[The problem]:
Tally up the lines below that contain the word "Garbage" and give the total alone.

[Dataset entries]:
//! The arguments of the calls that leave the tree as it is, read and written.
#![tactic(auto, unfolding(crate::specs::Reading::get_attr_at, crate::specs::Reading::lookup_at, crate::specs::Reading::access_at, crate::specs::Reading::read_link_at, crate::specs::Reading::read_at, crate::specs::Reading::read_dir_at, crate::specs::Reading::read_dir_plus_at, crate::specs::Reading::fs_stat_at, crate::specs::Reading::fs_info_at, crate::specs::Reading::path_conf_at, crate::specs::Reading::commit_at, sky_xdr::specs::Reading::bind, sky_xdr::specs::GrammarReading::give))]

ghost use Rattle.std.specs.Prelude.{◌≡◌, ◌<◌, ◌++◌, length};
ghost use Rattle.sky_xdr.specs.Encoding.{uint, uhyper, fixed, opaque};
ghost use Rattle.sky_xdr.specs.GrammarReading.{Reads};
ghost use Rattle.sky_xdr.specs.Writing.{Puts};
ghost use Rattle.sky_args.specs.Reading.{ReadsOrNoMemory, get_attr_at, lookup_at, access_at, read_link_at, read_at, read_dir_at, read_dir_plus_at, fs_stat_at, fs_info_at, path_conf_at, commit_at};
ghost use Rattle.sky_args.specs.Sizes.{FitsHandle, FitsUint, FitsUhyper, FitsVerifier};

use crate::fault::ArgFault;
use crate::handles::{put_handle, put_verifier, take_dir_op_args, take_handle, take_verifier};
use sky_nfs::{Call, RawHandle};
use sky_xdr::{NoRoom, Reader, Writer, XdrFault};
use std::alloc::Global;

/// Takes the arguments of GETATTR.
pub fn take_get_attr(reader: &mut Reader<'_>) -> Result<Call, XdrFault>
    ensures exact { Reads result reader.new (get_attr_at reader.old) }
{
    let object = take_handle(reader)?;
    Ok(Call::GetAttr { object })
}

/// Takes the arguments of LOOKUP.
pub fn take_lookup(alloc: Global, reader: &mut Reader<'_>) -> Result<Call, ArgFault>
    ensures exact { ReadsOrNoMemory result reader.new (lookup_at reader.old) }
{
    let at = take_dir_op_args(alloc, reader)?;
    Ok(Call::Lookup { at })
}

/// Takes the arguments of ACCESS.
pub fn take_access(reader: &mut Reader<'_>) -> Result<Call, XdrFault>
    ensures exact { Reads result reader.new (access_at reader.old) }
{
    let object = take_handle(reader)?;
    let rights = reader.take_u32()?;
    Ok(Call::Access { object, rights })
}

/// Takes the arguments of READLINK.
pub fn take_read_link(reader: &mut Reader<'_>) -> Result<Call, XdrFault>
    ensures exact { Reads result reader.new (read_link_at reader.old) }
{
    let link = take_handle(reader)?;
    Ok(Call::ReadLink { link })
}

/// Takes the arguments of READ.
pub fn take_read(reader: &mut Reader<'_>) -> Result<Call, XdrFault>
    ensures exact { Reads result reader.new (read_at reader.old) }
{
    let file = take_handle(reader)?;
    let offset = reader.take_u64()?;
    let count = reader.take_u32()?;
    Ok(Call::Read {
        file,
        offset,
        count,
    })
}

/// Takes the arguments of READDIR.
pub fn take_read_dir(reader: &mut Reader<'_>) -> Result<Call, XdrFault>
    ensures exact { Reads result reader.new (read_dir_at reader.old) }
{
    let directory = take_handle(reader)?;
    let cookie = reader.take_u64()?;
    let verifier = take_verifier(reader)?;
    let count = reader.take_u32()?;
    Ok(Call::ReadDir {
        directory,
        cookie,
        verifier,
        count,
    })
}

/// Takes the arguments of READDIRPLUS.
pub fn take_read_dir_plus(reader: &mut Reader<'_>) -> Result<Call, XdrFault>
    ensures exact { Reads result reader.new (read_dir_plus_at reader.old) }
{
    let directory = take_handle(reader)?;
    let cookie = reader.take_u64()?;
    let verifier = take_verifier(reader)?;
    let dircount = reader.take_u32()?;
    let maxcount = reader.take_u32()?;
    Ok(Call::ReadDirPlus {
        directory,
        cookie,
        verifier,
        dircount,
        maxcount,
    })
}

/// Takes the arguments of FSSTAT.
pub fn take_fs_stat(reader: &mut Reader<'_>) -> Result<Call, XdrFault>
    ensures exact { Reads result reader.new (fs_stat_at reader.old) }
{
    let root = take_handle(reader)?;
    Ok(Call::FsStat { root })
}

/// Takes the arguments of FSINFO.
pub fn take_fs_info(reader: &mut Reader<'_>) -> Result<Call, XdrFault>
    ensures exact { Reads result reader.new (fs_info_at reader.old) }
{
    let root = take_handle(reader)?;
    Ok(Call::FsInfo { root })
}

/// Takes the arguments of PATHCONF.
pub fn take_path_conf(reader: &mut Reader<'_>) -> Result<Call, XdrFault>
    ensures exact { Reads result reader.new (path_conf_at reader.old) }
{
    let object = take_handle(reader)?;
    Ok(Call::PathConf { object })
}

/// Takes the arguments of COMMIT.
pub fn take_commit(reader: &mut Reader<'_>) -> Result<Call, XdrFault>
    ensures exact { Reads result reader.new (commit_at reader.old) }
{
    let file = take_handle(reader)?;
    let offset = reader.take_u64()?;
    let count = reader.take_u32()?;
    Ok(Call::Commit {
        file,
        offset,
        count,
    })
}

/// Writes the arguments of ACCESS.
pub fn put_access(writer: &mut Writer<'_>, object: &RawHandle, rights: u32) -> Result<(), NoRoom>
    ensures puts { Puts result (opaque object.now ++ uint rights) writer.old writer.new }
    ensures fits { FitsHandle object.now × FitsUint rights }
{
    put_handle(writer, object)?;
    writer.put_u32(rights)
}

/// Writes the arguments of READ or COMMIT: a range of a file.
pub fn put_range(
    writer: &mut Writer<'_>,
    file: &RawHandle,
    offset: u64,
    count: u32,
) -> Result<(), NoRoom>
    ensures puts { Puts result (opaque file.now ++ uhyper offset ++ uint count) writer.old writer.new }
    ensures fits { FitsHandle file.now × FitsUhyper offset × FitsUint count }
{
    put_handle(writer, file)?;
    writer.put_u64(offset)?;
    writer.put_u32(count)
}

/// Writes where a listing goes on: what the arguments of READDIR and READDIRPLUS begin with.
fn put_listing(
    writer: &mut Writer<'_>,
    directory: &RawHandle,
    cookie: u64,
    verifier: [u8; 8],
) -> Result<(), NoRoom>
    ensures puts { Puts result (opaque directory.now ++ uhyper cookie ++ fixed verifier) writer.old writer.new }
    ensures fits { FitsHandle directory.now × FitsUhyper cookie × FitsVerifier verifier }
{
    put_handle(writer, directory)?;
    writer.put_u64(cookie)?;
    put_verifier(writer, verifier)
}

/// Writes the arguments of READDIR.
pub fn put_read_dir(
    writer: &mut Writer<'_>,
    directory: &RawHandle,
    cookie: u64,
    verifier: [u8; 8],
    count: u32,
) -> Result<(), NoRoom>
    ensures puts { Puts result (opaque directory.now ++ uhyper cookie ++ fixed verifier ++ uint count)
        writer.old writer.new }
    ensures fits { FitsHandle directory.now × FitsUhyper cookie × FitsVerifier verifier × FitsUint count }
{
    put_listing(writer, directory, cookie, verifier)?;
    writer.put_u32(count)
}

/// Writes the arguments of READDIRPLUS.
pub fn put_read_dir_plus(
    writer: &mut Writer<'_>,
    directory: &RawHandle,
    cookie: u64,
    verifier: [u8; 8],
    dircount: u32,
    maxcount: u32,
) -> Result<(), NoRoom>
    ensures puts { Puts result (opaque directory.now ++ uhyper cookie ++ fixed verifier ++ uint dircount ++ uint maxcount)
        writer.old writer.new }
    ensures fits { FitsHandle directory.now × FitsUhyper cookie × FitsVerifier verifier
        × FitsUint dircount × FitsUint maxcount }
{
    put_listing(writer, directory, cookie, verifier)?;
    writer.put_u32(dircount)?;
    writer.put_u32(maxcount)
}
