//! Which procedure a call calls.

ghost use Rattle.std.specs.Prelude.{◌≡◌};
ghost use Rattle.sky_nfs.specs.Calls.{procedure_of};

use sky_nfs::Call;

/// The number of the procedure that a call calls (RFC 1813, section 3.3): 0 to 21.
pub fn procedure_number(call: &Call) -> u32
    ensures { result ≡ procedure_of call.now }
{
    match call {
        Call::Null => 0,
        Call::GetAttr { .. } => 1,
        Call::SetAttr { .. } => 2,
        Call::Lookup { .. } => 3,
        Call::Access { .. } => 4,
        Call::ReadLink { .. } => 5,
        Call::Read { .. } => 6,
        Call::Write { .. } => 7,
        Call::Create { .. } => 8,
        Call::Mkdir { .. } => 9,
        Call::Symlink { .. } => 10,
        Call::Mknod { .. } => 11,
        Call::Remove { .. } => 12,
        Call::Rmdir { .. } => 13,
        Call::Rename { .. } => 14,
        Call::Link { .. } => 15,
        Call::ReadDir { .. } => 16,
        Call::ReadDirPlus { .. } => 17,
        Call::FsStat { .. } => 18,
        Call::FsInfo { .. } => 19,
        Call::PathConf { .. } => 20,
        Call::Commit { .. } => 21,
    }
}
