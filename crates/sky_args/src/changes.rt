//! The arguments of the calls that change the tree, and of MKNOD, read and written.
#![tactic(auto, unfolding(crate::specs::Reading::set_attr_call_at, crate::specs::Reading::write_at, crate::specs::Reading::create_at, crate::specs::Reading::mkdir_at, crate::specs::Reading::symlink_at, crate::specs::Reading::mknod_at, crate::specs::Reading::remove_at, crate::specs::Reading::rmdir_at, crate::specs::Reading::rename_at, crate::specs::Reading::link_at, sky_xdr::specs::Reading::bind, sky_xdr::specs::GrammarReading::give))]

ghost use Rattle.std.specs.Prelude.{◌≡◌, ◌^◌, ◌<◌, ◌≤◌, ◌++◌, length, IfSome, OnOk};
ghost use Rattle.sky_xdr.specs.Encoding.{uint, uhyper, opaque};
ghost use Rattle.sky_xdr.specs.GrammarReading.{Reads};
ghost use Rattle.sky_xdr.specs.Writing.{Puts};
ghost use Rattle.sky_args.specs.Parts.{dir_op_args_bytes, set_attr_bytes, guard_bytes, stable_how_bytes, create_how_bytes, mknod_bytes};
ghost use Rattle.sky_args.specs.Reading.{ReadsOrNoMemory, set_attr_call_at, write_at, create_at, mkdir_at, symlink_at, mknod_at, remove_at, rmdir_at, rename_at, link_at};
ghost use Rattle.sky_args.specs.Sizes.{FitsHandle, FitsUint, FitsUhyper, FitsText, FitsDirOpArgs, FitsMoment, FitsSetAttr, FitsCreateHow, FitsMknodData};

use crate::attributes::{put_guard, put_set_attr, take_guard, take_set_attr};
use crate::fault::ArgFault;
use crate::handles::{
    put_dir_op_args, put_handle, put_text, take_dir_op_args, take_handle, take_text,
};
use crate::how::{
    put_create_how, put_mknod_data, put_stable_how, take_create_how, take_mknod_data,
    take_stable_how,
};
use crate::queries::put_range;
use sky_base::Moment;
use sky_nfs::{Bytes, Call, CreateHow, DirOpArgs, MknodData, RawHandle, SetAttr, StableHow};
use sky_xdr::{NoRoom, Reader, Writer, XdrFault};
use std::alloc::Global;

/// Takes the arguments of SETATTR.
pub fn take_set_attr_call(reader: &mut Reader<'_>) -> Result<Call, XdrFault>
    ensures exact { Reads result reader.new (set_attr_call_at reader.old) }
{
    let object = take_handle(reader)?;
    let attributes = take_set_attr(reader)?;
    let guard = take_guard(reader)?;
    Ok(Call::SetAttr {
        object,
        attributes,
        guard,
    })
}

/// Takes the arguments of WRITE.
pub fn take_write(alloc: Global, reader: &mut Reader<'_>) -> Result<Call, ArgFault>
    ensures exact { ReadsOrNoMemory result reader.new (write_at reader.old) }
{
    let file = take_handle(reader)?;
    let offset = reader.take_u64()?;
    let count = reader.take_u32()?;
    let stable = take_stable_how(reader)?;
    let data = take_text(alloc, reader)?;
    Ok(Call::Write {
        file,
        offset,
        count,
        stable,
        data,
    })
}

/// Takes the arguments of CREATE.
pub fn take_create(alloc: Global, reader: &mut Reader<'_>) -> Result<Call, ArgFault>
    ensures exact { ReadsOrNoMemory result reader.new (create_at reader.old) }
{
    let at = take_dir_op_args(alloc, reader)?;
    let how = take_create_how(reader)?;
    Ok(Call::Create { at, how })
}

/// Takes the arguments of MKDIR.
pub fn take_mkdir(alloc: Global, reader: &mut Reader<'_>) -> Result<Call, ArgFault>
    ensures exact { ReadsOrNoMemory result reader.new (mkdir_at reader.old) }
{
    let at = take_dir_op_args(alloc, reader)?;
    let attributes = take_set_attr(reader)?;
    Ok(Call::Mkdir { at, attributes })
}

/// Takes the arguments of SYMLINK.
pub fn take_symlink(alloc: Global, reader: &mut Reader<'_>) -> Result<Call, ArgFault>
    ensures exact { ReadsOrNoMemory result reader.new (symlink_at reader.old) }
{
    let at = take_dir_op_args(alloc, reader)?;
    let attributes = take_set_attr(reader)?;
    let text = take_text(alloc, reader)?;
    Ok(Call::Symlink {
        at,
        attributes,
        text,
    })
}

/// Takes the arguments of MKNOD.
pub fn take_mknod(alloc: Global, reader: &mut Reader<'_>) -> Result<Call, ArgFault>
    ensures exact { ReadsOrNoMemory result reader.new (mknod_at reader.old) }
{
    let at = take_dir_op_args(alloc, reader)?;
    let what = take_mknod_data(reader)?;
    Ok(Call::Mknod { at, what })
}

/// Takes the arguments of REMOVE.
pub fn take_remove(alloc: Global, reader: &mut Reader<'_>) -> Result<Call, ArgFault>
    ensures exact { ReadsOrNoMemory result reader.new (remove_at reader.old) }
{
    let at = take_dir_op_args(alloc, reader)?;
    Ok(Call::Remove { at })
}

/// Takes the arguments of RMDIR.
pub fn take_rmdir(alloc: Global, reader: &mut Reader<'_>) -> Result<Call, ArgFault>
    ensures exact { ReadsOrNoMemory result reader.new (rmdir_at reader.old) }
{
    let at = take_dir_op_args(alloc, reader)?;
    Ok(Call::Rmdir { at })
}

/// Takes the arguments of RENAME.
pub fn take_rename(alloc: Global, reader: &mut Reader<'_>) -> Result<Call, ArgFault>
    ensures exact { ReadsOrNoMemory result reader.new (rename_at reader.old) }
{
    let from = take_dir_op_args(alloc, reader)?;
    let to = take_dir_op_args(alloc, reader)?;
    Ok(Call::Rename { from, to })
}

/// Takes the arguments of LINK.
pub fn take_link(alloc: Global, reader: &mut Reader<'_>) -> Result<Call, ArgFault>
    ensures exact { ReadsOrNoMemory result reader.new (link_at reader.old) }
{
    let file = take_handle(reader)?;
    let at = take_dir_op_args(alloc, reader)?;
    Ok(Call::Link { file, at })
}

/// Writes the arguments of SETATTR.
pub fn put_set_attr_call(
    writer: &mut Writer<'_>,
    object: &RawHandle,
    attributes: SetAttr,
    guard: Option<Moment>,
) -> Result<(), NoRoom>
    ensures puts { Puts result (opaque object.now ++ set_attr_bytes attributes ++ guard_bytes guard)
        writer.old writer.new }
    ensures fits { OnOk result (FitsHandle object.now × FitsSetAttr attributes × IfSome guard FitsMoment) }
{
    put_handle(writer, object)?;
    put_set_attr(writer, attributes)?;
    put_guard(writer, guard)
}

/// Writes the arguments of WRITE.
pub fn put_write(
    writer: &mut Writer<'_>,
    file: &RawHandle,
    offset: u64,
    count: u32,
    stable: StableHow,
    data: &Bytes,
) -> Result<(), NoRoom>
    requires { length (opaque «data».now) < 2 ^ 32 }
    ensures puts { Puts result (opaque file.now ++ uhyper offset ++ uint count ++ stable_how_bytes stable ++ opaque «data».now)
        writer.old writer.new }
    ensures fits { OnOk result (FitsHandle file.now × FitsUhyper offset × FitsUint count
        × FitsText «data».now) }
{
    put_range(writer, file, offset, count)?;
    put_stable_how(writer, stable)?;
    put_text(writer, data)
}

/// Writes the arguments of CREATE.
pub fn put_create(writer: &mut Writer<'_>, at: &DirOpArgs, how: CreateHow) -> Result<(), NoRoom>
    requires { length (dir_op_args_bytes at.now) < 2 ^ 32 }
    ensures puts { Puts result (dir_op_args_bytes at.now ++ create_how_bytes how) writer.old writer.new }
    ensures fits { OnOk result (FitsDirOpArgs at.now × FitsCreateHow how) }
{
    put_dir_op_args(writer, at)?;
    put_create_how(writer, how)
}

/// Writes the arguments of MKDIR.
pub fn put_mkdir(writer: &mut Writer<'_>, at: &DirOpArgs, attributes: SetAttr) -> Result<(), NoRoom>
    requires { length (dir_op_args_bytes at.now) < 2 ^ 32 }
    ensures puts { Puts result (dir_op_args_bytes at.now ++ set_attr_bytes attributes) writer.old writer.new }
    ensures fits { OnOk result (FitsDirOpArgs at.now × FitsSetAttr attributes) }
{
    put_dir_op_args(writer, at)?;
    put_set_attr(writer, attributes)
}

/// Writes the arguments of SYMLINK.
pub fn put_symlink(
    writer: &mut Writer<'_>,
    at: &DirOpArgs,
    attributes: SetAttr,
    text: &Bytes,
) -> Result<(), NoRoom>
    requires { length (dir_op_args_bytes at.now ++ set_attr_bytes attributes ++ opaque text.now) < 2 ^ 32 }
    ensures puts { Puts result (dir_op_args_bytes at.now ++ set_attr_bytes attributes ++ opaque text.now)
        writer.old writer.new }
    ensures fits { OnOk result (FitsDirOpArgs at.now × FitsSetAttr attributes × FitsText text.now) }
{
    put_mkdir(writer, at, attributes)?;
    put_text(writer, text)
}

/// Writes the arguments of MKNOD.
pub fn put_mknod(writer: &mut Writer<'_>, at: &DirOpArgs, what: MknodData) -> Result<(), NoRoom>
    requires { length (dir_op_args_bytes at.now) < 2 ^ 32 }
    ensures puts { Puts result (dir_op_args_bytes at.now ++ mknod_bytes what) writer.old writer.new }
    ensures fits { OnOk result (FitsDirOpArgs at.now × FitsMknodData what) }
{
    put_dir_op_args(writer, at)?;
    put_mknod_data(writer, what)
}

/// Writes the arguments of RENAME.
pub fn put_rename(writer: &mut Writer<'_>, from: &DirOpArgs, to: &DirOpArgs) -> Result<(), NoRoom>
    requires { length (dir_op_args_bytes from.now ++ dir_op_args_bytes to.now) < 2 ^ 32 }
    ensures puts { Puts result (dir_op_args_bytes from.now ++ dir_op_args_bytes to.now) writer.old writer.new }
    ensures fits { OnOk result (FitsDirOpArgs from.now × FitsDirOpArgs to.now) }
{
    put_dir_op_args(writer, from)?;
    put_dir_op_args(writer, to)
}

/// Writes the arguments of LINK.
pub fn put_link(writer: &mut Writer<'_>, file: &RawHandle, at: &DirOpArgs) -> Result<(), NoRoom>
    requires { length (dir_op_args_bytes at.now) < 2 ^ 32 }
    ensures puts { Puts result (opaque file.now ++ dir_op_args_bytes at.now) writer.old writer.new }
    ensures fits { OnOk result (FitsHandle file.now × FitsDirOpArgs at.now) }
{
    put_handle(writer, file)?;
    put_dir_op_args(writer, at)
}
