//! Why arguments could not be read.

ghost use Rattle.std.specs.Prelude.{◌≡◌};
ghost use Rattle.sky_args.specs.declared.fault.ArgFault.TheVariants.{Garbage, Memory};

use sky_xdr::XdrFault;
use std::alloc::AllocError;

/// Why arguments could not be read.
#[derive(Clone, Copy)]
pub enum ArgFault {
    /// There is no procedure of this number.
    NoSuchProc,
    /// The bytes are not the arguments of the procedure.
    Garbage,
    /// There was no memory for a name, a text or data.
    Memory,
}

impl From<XdrFault> for ArgFault {
    ghost from_gives = { λ _ e. e ≡ Garbage };

    fn from(_: XdrFault) -> ArgFault {
        ArgFault::Garbage
    }
}

impl From<AllocError> for ArgFault {
    ghost from_gives = { λ _ e. e ≡ Memory };

    fn from(_: AllocError) -> ArgFault {
        ArgFault::Memory
    }
}
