//! How many bytes arguments take.

ghost use Rattle.std.specs.Prelude.{◌≡◌, ◌+◌, ◌^◌, ◌<◌, ◌≤◌, length};
ghost use Rattle.sky_xdr.specs.Encoding.{uint, uhyper, fixed, opaque, optional};
ghost use Rattle.sky_args.specs.Args.{args_bytes};
ghost use Rattle.sky_args.specs.Parts.{dir_op_args_bytes, set_time_bytes, set_attr_bytes, guard_bytes, create_how_bytes, mknod_bytes};

use sky_base::Moment;
use sky_nfs::{Bytes, Call, CreateHow, DirOpArgs, MknodData, RawHandle, SetAttr, SetTime};
use sky_xdr::opaque_length;

#[tactic(auto, using(crate::proofs::Lengths::opaque_size))]
fn handle_length(handle: &RawHandle) -> usize
    ensures exact { result ≡ length (opaque handle.now) }
    ensures small { result ≤ 68 }
{
    opaque_length(handle.as_bytes())
}

fn text_length(text: &Bytes) -> usize
    ensures exact { result ≡ length (opaque text.now) }
{
    opaque_length(text.as_slice())
}

#[tactic(auto, using(crate::proofs::Lengths::sizes))]
fn verifier_length(verifier: [u8; 8]) -> usize
    ensures exact { result ≡ length (fixed verifier) }
    ensures small { result ≤ 8 }
{
    verifier.len()
}

#[tactic(auto, unfolding(crate::specs::Parts::dir_op_args_bytes))]
fn dir_op_args_length(at: &DirOpArgs) -> usize
    requires { length (dir_op_args_bytes at.now) < 2 ^ 32 }
    ensures { result ≡ length (dir_op_args_bytes at.now) }
{
    handle_length(&at.directory) + text_length(&at.name)
}

#[tactic(auto, using(crate::proofs::Lengths::optional_sizes))]
fn optional_u32_length(number: Option<u32>) -> usize
    ensures exact { result ≡ length (optional uint number) }
    ensures small { result ≤ 8 }
{
    if number.is_some() { 8 } else { 4 }
}

#[tactic(auto, using(crate::proofs::Lengths::optional_sizes))]
fn optional_u64_length(size: Option<u64>) -> usize
    ensures exact { result ≡ length (optional uhyper size) }
    ensures small { result ≤ 12 }
{
    if size.is_some() { 12 } else { 4 }
}

#[tactic(auto, unfolding(crate::specs::Parts::set_time_bytes), using(crate::proofs::Lengths::sizes))]
fn set_time_length(time: SetTime) -> usize
    ensures exact { result ≡ length (set_time_bytes time) }
    ensures small { result ≤ 12 }
{
    match time {
        SetTime::Keep | SetTime::Server => 4,
        SetTime::Client(_) => 12,
    }
}

#[tactic(auto, unfolding(crate::specs::Parts::set_attr_bytes))]
fn set_attr_length(a: SetAttr) -> usize
    ensures exact { result ≡ length (set_attr_bytes a) }
    ensures small { result ≤ 60 }
{
    let owners = optional_u32_length(a.mode)
        + optional_u32_length(a.uid)
        + optional_u32_length(a.gid);
    let size = optional_u64_length(a.size);
    owners + size + set_time_length(a.atime) + set_time_length(a.mtime)
}

#[tactic(auto, using(crate::proofs::Lengths::optional_sizes))]
fn guard_length(guard: Option<Moment>) -> usize
    ensures exact { result ≡ length (guard_bytes guard) }
    ensures small { result ≤ 12 }
{
    if guard.is_some() { 12 } else { 4 }
}

#[tactic(auto, unfolding(crate::specs::Parts::create_how_bytes), using(crate::proofs::Lengths::sizes))]
fn create_how_length(how: CreateHow) -> usize
    ensures exact { result ≡ length (create_how_bytes how) }
    ensures small { result ≤ 64 }
{
    match how {
        CreateHow::Unchecked(a) | CreateHow::Guarded(a) => 4 + set_attr_length(a),
        CreateHow::Exclusive(_) => 12,
    }
}

#[tactic(auto, unfolding(crate::specs::Parts::mknod_bytes), using(crate::proofs::Lengths::sizes))]
fn mknod_length(what: MknodData) -> usize
    ensures exact { result ≡ length (mknod_bytes what) }
    ensures small { result ≤ 72 }
{
    match what {
        MknodData::Regular | MknodData::Directory | MknodData::SymbolicLink => 4,
        MknodData::Block(a, _) | MknodData::Character(a, _) => 12 + set_attr_length(a),
        MknodData::Socket(a) | MknodData::Pipe(a) => 4 + set_attr_length(a),
    }
}

/// How many bytes the arguments of a call take. The condition is that these are fewer than 2^32.
#[tactic(auto, using(crate::proofs::Lengths::sizes))]
pub fn args_length(call: &Call) -> usize
    requires { length (args_bytes call.now) < 2 ^ 32 }
    ensures { result ≡ length (args_bytes call.now) }
{
    match call {
        Call::Null => 0,
        Call::GetAttr { object } => handle_length(object),
        Call::SetAttr {
            object,
            attributes,
            guard,
        } => handle_length(object) + set_attr_length(*attributes) + guard_length(*guard),
        Call::Lookup { at } => dir_op_args_length(at),
        Call::Access { object, .. } => handle_length(object) + 4,
        Call::ReadLink { link } => handle_length(link),
        Call::Read { file, .. } => handle_length(file) + 12,
        Call::Write { file, data, .. } => handle_length(file) + 16 + text_length(data),
        Call::Create { at, how } => dir_op_args_length(at) + create_how_length(*how),
        Call::Mkdir { at, attributes } => dir_op_args_length(at) + set_attr_length(*attributes),
        Call::Symlink {
            at,
            attributes,
            text,
        } => dir_op_args_length(at) + set_attr_length(*attributes) + text_length(text),
        Call::Mknod { at, what } => dir_op_args_length(at) + mknod_length(*what),
        Call::Remove { at } => dir_op_args_length(at),
        Call::Rmdir { at } => dir_op_args_length(at),
        Call::Rename { from, to } => dir_op_args_length(from) + dir_op_args_length(to),
        Call::Link { file, at } => handle_length(file) + dir_op_args_length(at),
        Call::ReadDir {
            directory,
            verifier,
            ..
        } => handle_length(directory) + 12 + verifier_length(*verifier),
        Call::ReadDirPlus {
            directory,
            verifier,
            ..
        } => handle_length(directory) + 16 + verifier_length(*verifier),
        Call::FsStat { root } => handle_length(root),
        Call::FsInfo { root } => handle_length(root),
        Call::PathConf { object } => handle_length(object),
        Call::Commit { file, .. } => handle_length(file) + 12,
    }
}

[Answer box]:
4